Meitei pangons are muslims and the observe Islam.
Festivals: To the Manipuris, festivals are the symbols of their cultural, social and religious aspirations which, besides removing the monotony of life by providing physical diversions, mental recreation and emotional outlet, help them lead a better and fuller life. Bishu, Rathyatra or Kang-Festival, Kartika festival, Maharas Purnima, Phaguwa or Holi festival ,Lai-Harouba, Thabol Chongba etc. are major manipuri festivals.
Marriage: Marriage in society is based on the Hindu pattern and mostly Aryan and non-Aryan elements having certain traditional customs. Out of the eight kind of marriage as referred in the Monu Songhita only Brahma and Kanya or Prajapatya are prevalent in the Society. There is the practice of Gandharva (secret union) system . the secret marriage
of Arjuna with Chitrangoda, the princes of Manipur, suggests as the Gandharva style of marriage. Marriage is restricted within the sub-clans or gutros in BM community.
Class System: The Bishnupriya Manipuris are reputed to be a highly conservative race devoted to strict vedic culture. there is no Vaisya or Sudra people in this community excepting Ksatriyas and Brahmins. On the other hand the Meiteis are divided into seven yek's or Shalais. The Meitei Pangons have no class system.
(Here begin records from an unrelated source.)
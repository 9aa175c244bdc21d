// The bytes that blob ids name (RFC 8620, section 6; RFC 8621, section 4.1.4: blobId).
ghost use Rattle.std.specs.Prelude.{◌≡◌, IfOk, option_map};
ghost use Rattle.mail_summary.specs.Leaves.{part_bytes_of};
ghost use Rattle.mail_view.specs.NamedBytes.{bytes_named, bytes_of_id, bytes_or_leaf, named_of};

use blob_ids::{BlobId, read_blob_id};
use blob_store::BlobList;
use jm_base::{Bytes, NoMemory};
use mail_summary::part_bytes;
use std::alloc::Global;

/// The bytes that a blob id names.
#[derive(Drop)]
pub enum NamedBytes<'a> {
    /// Those of a blob, which its account lends.
    Blob(&'a [u8]),
    /// The decoded body of a leaf of a message.
    Leaf(Bytes),
}

impl<'a> NamedBytes<'a> {
    /// Lends the bytes.
    pub fn as_slice(&self) -> &[u8]
        ensures { result.now ≡ named_of self.now }
    {
        match self {
            NamedBytes::Blob(bytes) => bytes,
            NamedBytes::Leaf(bytes) => bytes.as_slice(),
        }
    }

    /// Returns the bytes, those of a blob as a copy.
    pub fn into_bytes(self, alloc: Global) -> Result<Bytes, NoMemory>
        ensures { IfOk result (λ b. b ≡ named_of self.entry) }
    {
        match self {
            NamedBytes::Blob(bytes) => Bytes::from_slice(alloc, bytes),
            NamedBytes::Leaf(bytes) => Ok(bytes),
        }
    }
}

// Returns the decoded body of a leaf of the message that a blob holds.
fn find_leaf<'a>(alloc: Global, bytes: &[u8], leaf: u64) -> Result<Option<NamedBytes<'a>>, NoMemory>
    ensures { IfOk result (λ o. option_map named_of o ≡ part_bytes_of bytes.now leaf) }
{
    match part_bytes(alloc, bytes, leaf)? {
        Some(body) => Ok(Some(NamedBytes::Leaf(body))),
        None => Ok(None),
    }
}

// Returns the bytes of a blob, or of a leaf of the message that it holds.
fn find_in_blob<'a>(
    alloc: Global,
    bytes: &'a [u8],
    leaf: Option<u64>,
) -> Result<Option<NamedBytes<'a>>, NoMemory>
    ensures { IfOk result (λ o. option_map named_of o ≡ bytes_or_leaf bytes.now leaf) }
{
    match leaf {
        Some(leaf) => find_leaf(alloc, bytes, leaf),
        None => Ok(Some(NamedBytes::Blob(bytes))),
    }
}

// Returns the bytes that an identifier names.
fn find_by_id<'a>(
    alloc: Global,
    blobs: &'a BlobList,
    id: BlobId,
) -> Result<Option<NamedBytes<'a>>, NoMemory>
    ensures { IfOk result (λ o. option_map named_of o ≡ bytes_of_id blobs.now.blobs id) }
{
    match blobs.get(id.blob) {
        Ok(bytes) => find_in_blob(alloc, bytes, id.leaf),
        Err(_) => Ok(None),
    }
}

/// Returns the bytes that a string names among the blobs of an account: those of a blob, or the
/// decoded body of a leaf of the message that a blob holds (RFC 8620, section 6.2; RFC 8621,
/// section 4.1.4: blobId). None if it names neither. A whole blob is lent and not copied.
pub fn find_named_bytes<'a>(
    alloc: Global,
    blobs: &'a BlobList,
    id: &str,
) -> Result<Option<NamedBytes<'a>>, NoMemory>
    ensures { IfOk result (λ o. option_map named_of o ≡ bytes_named blobs.now.blobs id.now) }
{
    match read_blob_id(id.as_bytes()) {
        Some(id) => find_by_id(alloc, blobs, id),
        None => Ok(None),
    }
}

/// Returns the bytes that a string names as [`find_named_bytes`] does, those of a blob as a copy.
pub fn read_named_bytes(
    alloc: Global,
    blobs: &BlobList,
    id: &str,
) -> Result<Option<Bytes>, NoMemory>
    ensures { IfOk result (λ b. b ≡ bytes_named blobs.now.blobs id.now) }
{
    match find_named_bytes(alloc, blobs, id)? {
        Some(bytes) => Ok(Some(bytes.into_bytes(alloc)?)),
        None => Ok(None),
    }
}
Food: Rice, vegetable and fish are principle foodstuffs of both the Bishnupriyas and Meiteis. Meat and Drinking is strictly prohibited in the society. In religious and social feats even, fish is never used.
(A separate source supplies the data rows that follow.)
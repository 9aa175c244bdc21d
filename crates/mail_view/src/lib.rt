//! The JSON view of a message, and the answers to gets of an account (RFC 8620, section 5.1;
//! RFC 8621, sections 2, 4.1, 4.2 and 4.9).
//!
//! The view of a message is defined in `specs/View.antt`, that of a mailbox in
//! `specs/Mailboxes.antt`, and the answer of a get in `specs/Gets.antt`. [`find_named_bytes`]
//! returns the bytes that a blob id names.
#![tactic(auto)]

mod headers;
mod laws;
mod message;
mod message_view;
mod metadata;
mod named_bytes;
mod part;
mod part_list;
mod sizes;
mod structure;
mod values;

pub use laws::{
    client_gets_are_answered_with_views, views_are_those_of_states, views_have_their_form,
    views_have_their_members, views_stay_as_blobs_are_added,
};
pub use message_view::view;
pub use metadata::{write_date, write_keyword_set};
pub use named_bytes::{NamedBytes, find_named_bytes, read_named_bytes};
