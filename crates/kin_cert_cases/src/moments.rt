//! Moments at whole seconds.

ghost use Rattle.std.specs.Prelude.{◌<◌, ◌^◌, unsigned_abs};

use kin_instant::ratio::ratio;
use kin_num::{Moment, Phase};

pub fn moment(second: i64, phase: Phase) -> Moment
    requires { unsigned_abs second < 2 ^ 31 }
{
    Moment {
        at: ratio(second, 1),
        phase,
    }
}
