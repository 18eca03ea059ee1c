//! When a fact fails first.

ghost use Rattle.std.specs.Prelude.{◌≡◌, ◌<◌};

use crate::moments::moment;
use kin_fail::first_fail::first_fail;
use kin_instant::sign::sign_at;
use kin_motion::fact::Fact;
use kin_motion::form::Form;
use kin_num::Phase::{After, At};
use kin_num::{Moment, Poly, Sign, Steps};
use std::marker::Brand;
use std::sync::ledger::{Blank, Ledger};

/// The sign of a polynomial now, and the first failure of the fact that it has that sign. Only the
/// sign of the fact matters, and not its form.
fn failure_from<L: Ledger>(p: &Poly, now: &Moment, blank: Blank) -> (Sign, Option<Moment>)
    requires name { blank.name ≡ L.name }
    requires parts { blank.parts ≡ L.parts }
    requires some { 0 < L.parts }
{
    let mut steps = Steps::<L>::open(blank);
    let sign = sign_at(p, now, &mut steps);
    let form = Form::Turn { i: 0, j: 1, k: 2 };
    let fact = Fact { form, sign };
    (sign, first_fail(&fact, p, now, &mut steps))
}

#[test]
fn facts_fail_first(rt: HostRuntime) {
    let line = Poly::new(0, -2, 10);
    let square = Poly::new(1, -2, 1);
    let zero = Poly::new(0, 0, 0);
    let rows = [
        (line, moment(0, At), Sign::Plus, Some(moment(5, At))),
        (line, moment(5, At), Sign::Zero, Some(moment(5, After))),
        (line, moment(5, After), Sign::Minus, None),
        (square, moment(0, At), Sign::Plus, Some(moment(1, At))),
        (square, moment(1, At), Sign::Zero, Some(moment(1, After))),
        (square, moment(1, After), Sign::Plus, None),
        (zero, moment(0, At), Sign::Zero, None),
    ];
    for (p, now, sign, fails) in rows {
        let found = failure_from::<Brand>(&p, &now, Blank::new(1));
        assert_eq!(rt; found, (sign, fails), "{p:?} from {now:?} on");
    }
}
Dress and Ornaments: The dresses and Garments uses by the Manipuri Bishnupriya's and Meiteis are identical. The traditional dress used by the males is called Pachhati - a about five feet long cloth manufactured by themselves which worn round the waist. Females usually wares blouses with traditional Lahing/Fanek/Chakshabi (a coarse cloth with length wise stripes and embroidered on both sides length wise) with an Enaphi ( Single or multicolor coarse cloth with laces on both ends) and a Angei or blouse. The extreme beauty of women dress is the design of Moirang, a special and artistic type of embroidery which is done by the weavers.